Exercise prompt: The full set of entries has to be output exactly.

Raw data:
// Texts that may grow past a limit.
ghost use Rattle.std.specs.Prelude.{◌≡◌};

use crate::NoMemory;
use thiserror::Error;

/// Why a text with a limit was not made.
#[derive(Clone, Copy, Debug, PartialEq, Eq, Error)]
pub enum Long {
    #[error("too long")]
    TooLong,
    #[error("out of memory")]
    NoMemory,
}

impl From<NoMemory> for Long {
    ghost use Rattle.tx_text.specs.declared.limit.Long.TheVariants as long;

    ghost from_gives = { λ _ e. e ≡ long.NoMemory };

    fn from(_: NoMemory) -> Self {
        Long::NoMemory
    }
}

Solution to this task:
// Texts that may grow past a limit.
ghost use Rattle.std.specs.Prelude.{◌≡◌};

use crate::NoMemory;
use thiserror::Error;

/// Why a text with a limit was not made.
#[derive(Clone, Copy, Debug, PartialEq, Eq, Error)]
pub enum Long {
    #[error("too long")]
    TooLong,
    #[error("out of memory")]
    NoMemory,
}

impl From<NoMemory> for Long {
    ghost use Rattle.tx_text.specs.declared.limit.Long.TheVariants as long;

    ghost from_gives = { λ _ e. e ≡ long.NoMemory };

    fn from(_: NoMemory) -> Self {
        Long::NoMemory
    }
}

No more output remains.